### Prompt
Filter the entries, keeping every line with the string "that".

+===+

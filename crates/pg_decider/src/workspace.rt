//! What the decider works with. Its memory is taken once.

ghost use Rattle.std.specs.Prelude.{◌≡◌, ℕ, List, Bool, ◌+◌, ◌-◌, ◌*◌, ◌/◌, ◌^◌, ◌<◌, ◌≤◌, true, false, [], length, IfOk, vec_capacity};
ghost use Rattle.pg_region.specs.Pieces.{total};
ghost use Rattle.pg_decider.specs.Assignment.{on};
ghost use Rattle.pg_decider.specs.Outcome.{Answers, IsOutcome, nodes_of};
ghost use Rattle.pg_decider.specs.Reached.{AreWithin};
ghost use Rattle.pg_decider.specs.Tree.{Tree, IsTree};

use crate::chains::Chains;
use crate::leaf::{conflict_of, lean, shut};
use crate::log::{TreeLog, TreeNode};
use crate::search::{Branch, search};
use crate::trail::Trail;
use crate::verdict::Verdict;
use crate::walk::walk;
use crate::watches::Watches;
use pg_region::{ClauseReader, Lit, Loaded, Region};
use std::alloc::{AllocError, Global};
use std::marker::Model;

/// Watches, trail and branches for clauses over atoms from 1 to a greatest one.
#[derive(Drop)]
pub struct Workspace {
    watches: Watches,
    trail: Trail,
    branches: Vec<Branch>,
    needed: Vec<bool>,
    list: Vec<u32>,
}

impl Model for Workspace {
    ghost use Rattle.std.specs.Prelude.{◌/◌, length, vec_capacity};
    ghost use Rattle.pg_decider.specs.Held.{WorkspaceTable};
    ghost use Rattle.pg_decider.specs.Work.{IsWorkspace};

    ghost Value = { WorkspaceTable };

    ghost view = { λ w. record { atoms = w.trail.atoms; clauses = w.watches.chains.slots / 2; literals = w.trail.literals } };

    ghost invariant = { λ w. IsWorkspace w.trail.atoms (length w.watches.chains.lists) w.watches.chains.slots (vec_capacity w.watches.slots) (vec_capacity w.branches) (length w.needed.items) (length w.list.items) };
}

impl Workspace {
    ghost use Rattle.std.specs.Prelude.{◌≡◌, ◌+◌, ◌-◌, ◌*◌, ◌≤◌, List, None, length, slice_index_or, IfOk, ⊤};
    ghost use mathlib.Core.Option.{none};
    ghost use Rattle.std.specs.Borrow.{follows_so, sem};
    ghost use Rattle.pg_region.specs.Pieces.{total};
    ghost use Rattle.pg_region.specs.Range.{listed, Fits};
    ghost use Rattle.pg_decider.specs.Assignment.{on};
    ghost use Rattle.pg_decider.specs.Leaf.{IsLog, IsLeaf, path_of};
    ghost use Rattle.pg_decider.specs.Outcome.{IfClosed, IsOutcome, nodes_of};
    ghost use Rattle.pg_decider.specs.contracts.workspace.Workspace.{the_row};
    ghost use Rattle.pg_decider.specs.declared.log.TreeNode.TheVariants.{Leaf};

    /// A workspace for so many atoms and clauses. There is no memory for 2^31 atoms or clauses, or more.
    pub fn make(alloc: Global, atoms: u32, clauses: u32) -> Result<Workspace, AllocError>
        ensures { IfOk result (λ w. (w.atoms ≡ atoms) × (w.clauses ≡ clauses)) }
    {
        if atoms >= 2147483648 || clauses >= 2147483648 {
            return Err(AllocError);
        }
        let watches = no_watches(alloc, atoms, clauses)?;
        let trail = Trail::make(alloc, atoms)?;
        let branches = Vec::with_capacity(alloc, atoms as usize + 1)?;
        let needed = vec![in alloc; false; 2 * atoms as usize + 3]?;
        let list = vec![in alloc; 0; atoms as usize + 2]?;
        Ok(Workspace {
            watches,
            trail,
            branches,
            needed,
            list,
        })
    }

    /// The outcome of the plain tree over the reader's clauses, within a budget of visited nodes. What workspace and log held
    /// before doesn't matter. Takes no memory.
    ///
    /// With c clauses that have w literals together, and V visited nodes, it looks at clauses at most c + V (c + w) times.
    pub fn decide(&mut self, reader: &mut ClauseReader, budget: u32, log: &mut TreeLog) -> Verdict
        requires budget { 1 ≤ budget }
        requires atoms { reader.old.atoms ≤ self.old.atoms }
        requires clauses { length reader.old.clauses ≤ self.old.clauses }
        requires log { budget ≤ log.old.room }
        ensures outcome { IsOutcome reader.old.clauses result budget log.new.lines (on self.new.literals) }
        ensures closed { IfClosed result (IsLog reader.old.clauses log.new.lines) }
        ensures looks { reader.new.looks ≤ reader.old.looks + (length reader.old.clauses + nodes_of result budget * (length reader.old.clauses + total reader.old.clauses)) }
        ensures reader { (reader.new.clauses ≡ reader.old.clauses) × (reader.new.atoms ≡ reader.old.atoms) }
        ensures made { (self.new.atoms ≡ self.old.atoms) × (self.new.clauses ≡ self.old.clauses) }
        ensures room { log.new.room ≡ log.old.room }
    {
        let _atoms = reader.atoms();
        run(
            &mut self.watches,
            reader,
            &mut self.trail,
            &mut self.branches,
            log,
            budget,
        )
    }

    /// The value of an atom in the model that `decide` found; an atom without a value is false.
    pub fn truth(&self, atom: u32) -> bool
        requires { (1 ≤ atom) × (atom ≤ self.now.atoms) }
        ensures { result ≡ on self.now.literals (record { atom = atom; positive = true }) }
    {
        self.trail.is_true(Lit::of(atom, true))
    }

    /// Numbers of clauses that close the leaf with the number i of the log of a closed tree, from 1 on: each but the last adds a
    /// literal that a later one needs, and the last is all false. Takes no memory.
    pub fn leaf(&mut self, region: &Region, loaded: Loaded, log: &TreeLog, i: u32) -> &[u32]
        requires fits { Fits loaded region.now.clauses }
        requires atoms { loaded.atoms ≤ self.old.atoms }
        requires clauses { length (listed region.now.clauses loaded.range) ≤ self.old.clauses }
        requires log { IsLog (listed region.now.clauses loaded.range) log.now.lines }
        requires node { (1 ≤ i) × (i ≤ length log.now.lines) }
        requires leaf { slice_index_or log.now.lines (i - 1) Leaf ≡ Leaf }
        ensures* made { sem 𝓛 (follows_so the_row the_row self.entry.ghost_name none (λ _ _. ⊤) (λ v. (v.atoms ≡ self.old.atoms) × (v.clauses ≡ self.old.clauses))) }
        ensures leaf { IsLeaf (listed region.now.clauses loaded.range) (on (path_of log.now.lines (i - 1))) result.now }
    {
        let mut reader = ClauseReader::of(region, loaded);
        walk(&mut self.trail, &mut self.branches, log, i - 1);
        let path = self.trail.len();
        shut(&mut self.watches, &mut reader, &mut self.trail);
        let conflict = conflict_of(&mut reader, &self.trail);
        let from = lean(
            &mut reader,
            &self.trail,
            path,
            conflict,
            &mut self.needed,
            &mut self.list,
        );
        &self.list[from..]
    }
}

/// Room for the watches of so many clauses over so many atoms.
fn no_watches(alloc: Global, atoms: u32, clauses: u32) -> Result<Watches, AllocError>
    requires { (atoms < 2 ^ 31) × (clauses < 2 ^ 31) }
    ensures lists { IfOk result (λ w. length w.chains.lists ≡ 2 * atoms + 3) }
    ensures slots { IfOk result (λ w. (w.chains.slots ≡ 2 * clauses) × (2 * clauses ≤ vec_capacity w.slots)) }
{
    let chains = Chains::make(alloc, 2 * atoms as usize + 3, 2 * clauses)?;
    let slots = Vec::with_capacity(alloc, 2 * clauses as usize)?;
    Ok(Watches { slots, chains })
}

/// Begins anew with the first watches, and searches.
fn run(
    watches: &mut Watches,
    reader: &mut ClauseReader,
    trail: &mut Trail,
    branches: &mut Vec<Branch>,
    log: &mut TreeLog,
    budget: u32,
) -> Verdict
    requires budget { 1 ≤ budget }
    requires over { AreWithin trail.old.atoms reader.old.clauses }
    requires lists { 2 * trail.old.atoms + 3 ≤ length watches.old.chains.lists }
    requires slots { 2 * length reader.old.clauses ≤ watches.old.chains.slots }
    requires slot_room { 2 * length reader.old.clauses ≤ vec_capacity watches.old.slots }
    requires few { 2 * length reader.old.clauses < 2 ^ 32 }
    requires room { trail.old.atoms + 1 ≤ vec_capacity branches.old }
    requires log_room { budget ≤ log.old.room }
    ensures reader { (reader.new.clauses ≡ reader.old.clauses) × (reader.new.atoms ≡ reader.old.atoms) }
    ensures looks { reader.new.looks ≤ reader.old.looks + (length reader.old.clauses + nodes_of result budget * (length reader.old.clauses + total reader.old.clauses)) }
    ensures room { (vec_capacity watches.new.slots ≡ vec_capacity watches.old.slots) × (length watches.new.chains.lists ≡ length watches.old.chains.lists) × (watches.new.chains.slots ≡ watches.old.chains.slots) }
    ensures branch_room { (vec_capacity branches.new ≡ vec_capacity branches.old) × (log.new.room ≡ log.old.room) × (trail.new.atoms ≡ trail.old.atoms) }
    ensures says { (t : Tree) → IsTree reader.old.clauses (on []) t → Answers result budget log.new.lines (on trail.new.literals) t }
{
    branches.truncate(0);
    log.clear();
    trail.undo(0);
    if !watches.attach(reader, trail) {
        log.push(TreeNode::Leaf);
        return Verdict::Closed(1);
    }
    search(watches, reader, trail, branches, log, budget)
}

+===+

### Solution to the problem
    /// With c clauses that have w literals together, and V visited nodes, it looks at clauses at most c + V (c + w) times.
    /// The value of an atom in the model that `decide` found; an atom without a value is false.
    /// Numbers of clauses that close the leaf with the number i of the log of a closed tree, from 1 on: each but the last adds a
    /// literal that a later one needs, and the last is all false. Takes no memory.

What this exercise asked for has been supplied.